Wood lamp dermatology clinical use reference

  The Wood lamp is mainly used to diagnose pigmentary abnormalities, skin infections and porphyrias. Pigment Alteration Diseases
  (i) Hypopigmentation and depigmentation.
  1, vitiligo: bright white fluorescence with increased contrast is obvious.
  2, pityriasis simplex: post-inflammatory depigmentation, contrast increased inconspicuous.
  3, tuberous sclerosis, anaplastic nevus: contrast increased inconspicuously.
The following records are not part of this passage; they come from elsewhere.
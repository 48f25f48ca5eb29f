//! A use of `nm_script`: a checker of scripts.
//!
//! Of a text it answers the script's one text, or its first fault with its line and its kind.

mod checking;

use checking::checked;
use std::test::Fail;

/// Prints what the checker says of a script whose third line has a number with a zero before it.
pub fn show(rt: &HostRuntime) -> Result<(), Fail> {
    let script = b"ranks 2\n0: isend 0 1 7 0 x6869\n1: irecv 0 0 7 0 016\n";
    let told = checked(rt.alloc(), script)?;
    print!(rt; "{told}")?;
    Ok(())
}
  4.Itochromatosis: the contrast increases inconspicuously.
  (II) Pigmentation.
  1.Chloasma: epidermal type, contrast increase is obvious. Dermal type, showing light blue under natural light, and the color does not deepen when examined under Wood lamp.
  2.Nevus of Ota: contrast increase is not obvious.
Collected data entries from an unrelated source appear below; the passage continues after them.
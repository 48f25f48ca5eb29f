//! Laws of calls. Each is the contract of a function that does nothing.

ghost use Rattle.std.specs.Prelude.{◌≡◌, ◌+◌, ◌++◌, ◌∷◌, [], ℕ, List, length};
ghost use Rattle.nm_types.specs.declared.scripts.Command.{Command};
ghost use Rattle.nm_types.specs.Sizes.{Sizes};
ghost use Rattle.nm_process.specs.Playing.{all_numbered};
ghost use Rattle.nm_process.specs.Processes.{ProcessView};
ghost use Rattle.nm_process.specs.Work.{IsNext};
ghost use Rattle.nm_global.specs.ProcessInvariant.{GhostHistory, ProcessInvariant};

/// A process that stands at its place in a run, where its commands are those of so many calls, all of which ran, stands
/// so, too, where one call more is to come.
pub fn a_call_to_come_changes_nothing()
    ensures { (shape : Sizes) (given : List Command) (x : Command) (i : ℕ) (v : ProcessView)
        (past : GhostHistory) → v.at ≡ length given →
        ProcessInvariant shape (all_numbered 2 given) (length given + 2) i v past →
        ProcessInvariant shape (all_numbered 2 (given ++ x ∷ [])) (length given + 2) i v past }
{}

/// It is the next one, at the next line.
pub fn a_call_to_come_is_next()
    ensures { (given : List Command) (x : Command) →
        IsNext (all_numbered 2 (given ++ x ∷ [])) (length given) (length given + 2) (length given + 2) x }
{}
  3. Freckles: contrast increases obviously.
  4.Pigmented dry skin disease: contrast increase is not obvious.
  5.Caffeinated spots: the contrast increases inconspicuously.
  Infectious diseases
  (i) Bacteria
  1.Erysipelas: showing coral red fluorescence.
  2.Acne: showing orange-red fluorescence. The intensity of fluorescence in facial follicles is significantly related to the number of Propionibacterium acnes. Acne vulgaris: showing yellow-white fluorescence.
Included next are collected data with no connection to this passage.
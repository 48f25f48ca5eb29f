//! The calls of a rank, as what gives it its commands.

ghost use Rattle.std.specs.Prelude.{◌≡◌, ◌+◌, ◌<◌, ◌≤◌, [], true, None, Some, IfNone, IfSome, is_some, length, option_map};
ghost use Rattle.nm_types.specs.Limits.{is_in_range};
ghost use Rattle.nm_process.specs.Playing.{AllInRange};
ghost use Rattle.nm_calls.specs.Calling.{ahead, called, gave, shown};

use nm_ghost::Trace;
use nm_process::Source;
use nm_types::{Answer, Command, Memory};
use std::marker::Model;

/// As many calls as there are lines for: the k-th one, from 0, has line k + 2.
const LAST: u64 = 18446744073709551610;

/// The commands that a rank was called with, and one that has still to run, if there is one. What ran is known to
/// contracts alone.
#[derive(Drop)]
pub struct Calls {
    // in a world of so many ranks
    ranks: u8,
    // how many ran
    at: u64,
    given: Trace<Command>,
    next: Option<Command>,
}

impl Model for Calls {
    ghost use Rattle.std.specs.Prelude.{◌≡◌, ◌<◌, ◌≤◌, true, IfSome, length};
    ghost use Rattle.nm_types.specs.Limits.{is_in_range};
    ghost use Rattle.nm_process.specs.Playing.{AllInRange};
    ghost use Rattle.nm_calls.specs.Calling.{CallsView};

    ghost Value = { CallsView };

    ghost view = { λ c. record { ranks = c.ranks; at = c.at; given = c.given.items; next = c.next } };

    ghost invariant = { λ c.
        (length c.given.items ≡ c.at) × (c.at ≤ 18446744073709551610)
        × AllInRange c.ranks c.given.items
        × IfSome c.next (λ x. (is_in_range c.ranks x ≡ true) × (c.at < 18446744073709551610)) };
}

impl Calls {
    /// None so far, in a world of so many ranks.
    pub fn new(ranks: u8) -> Calls
        ensures { result ≡ record { ranks = ranks; at = 0; given = []; next = None } }
    {
        Calls {
            ranks,
            at: 0,
            given: Trace::new(),
            next: None,
        }
    }

    /// Among how many ranks they are in range.
    pub fn ranks(&self) -> u8
        ensures value { result ≡ self.now.ranks }
        ensures counted { length self.now.given ≡ self.now.at }
        ensures in_range { AllInRange self.now.ranks (ahead self.now) }
    {
        self.ranks
    }

    /// The line of the next call, if there is one.
    pub fn line(&self) -> Option<u64>
        ensures some { IfSome result (λ line. (line ≡ self.now.at + 2)
            × (self.now.at < 18446744073709551610)) }
        ensures none { IfNone result (18446744073709551610 ≤ self.now.at) }
    {
        if self.at < LAST {
            Some(self.at + 2)
        } else {
            None
        }
    }

    /// Whether one has still to run.
    pub fn waits(&self) -> bool
        ensures { result ≡ is_some self.now.next }
    {
        self.next.is_some()
    }

    /// Puts one ahead, which runs as soon as it can go on.
    pub fn put(&mut self, command: Command)
        requires idle { self.old.next ≡ None }
        requires room { self.old.at < 18446744073709551610 }
        requires in_range { is_in_range self.old.ranks command ≡ true }
        ensures { self.new ≡ record self.old { next = Some command } }
    {
        self.next = Some(command);
    }

    /// One more ran.
    pub fn note(&mut self, command: &Command)
        requires idle { self.old.next ≡ None }
        requires room { self.old.at < 18446744073709551610 }
        requires in_range { is_in_range self.old.ranks command.now ≡ true }
        ensures { self.new ≡ called self.old command.now }
    {
        self.given = self.given.then(command);
        self.at += 1;
    }
}

impl Source for Calls {
    ghost use Rattle.nm_calls.specs.Calling.{gave, shown};

    ghost Begun = { Unit {0} };

    ghost shows = { shown };

    ghost gives = { gave };

    fn count(&self) -> usize {
        0
    }

    fn next(&self) -> Option<(u64, &Command)> {
        let Some(command) = &self.next else {
            return None;
        };
        Some((self.at + 2, command))
    }

    fn pass(&mut self, _answer: &Answer) -> Result<(), Memory> {
        let Some(command) = self.next.take() else {
            unreachable!()
        };
        self.given = self.given.then(&command);
        self.at += 1;
        Ok(())
    }
}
  3. Pseudomonas aeruginosa infection: showing yellow-green fluorescence.
  4. Axillary tinea: showing dark green fluorescence.
  5. Pseudomonas spp.: showing green fluorescence.
  (ii) Fungi.
  1. Dermatophytes: Tinea capitis: specific fluorescence is seen in hair follicles of broken hair or plucked hair. Bright green fluorescence is seen in Audu Ang, canis minor, skew, rust and plaster-like microsporidia infected individuals. Trichophyton hirsutum can show a faint blue fluorescence or a dark green fluorescence. In contrast, Trichophyton rubrum and Trichophyton verrucosum do not fluoresce under Wood’s lamp.
  2. Ringworm: shows yellow-white fluorescence or copper-orange fluorescence.
  3, Tinea albicans: show bright green fluorescence.
  (iii) Other.
  1. pubic lice: the pubic hair stem is covered with pinhead-sized white fluorescence.
  2. scabies: grayish-white tunnels are easily detected in the finger crevices, wrist side and male glans.
  Abnormal porphyrin metabolism diseases
  In patients with late-onset cutaneous porphyrias, their urine specimens show bright pink and orange fluorescence under Wood’s lamp. In congenital porphyria teeth, urine, and bone marrow may show red fluorescence. In erythropoietic protoporphyria, blood red blood cells fluoresce transiently under a fluorescence microscope. In contrast, urine is nonfluorescent.
  Other
  1, squamous cell carcinoma: shows bright red fluorescence.
  2, contact dermatitis: shows the distribution of certain allergens in the skin.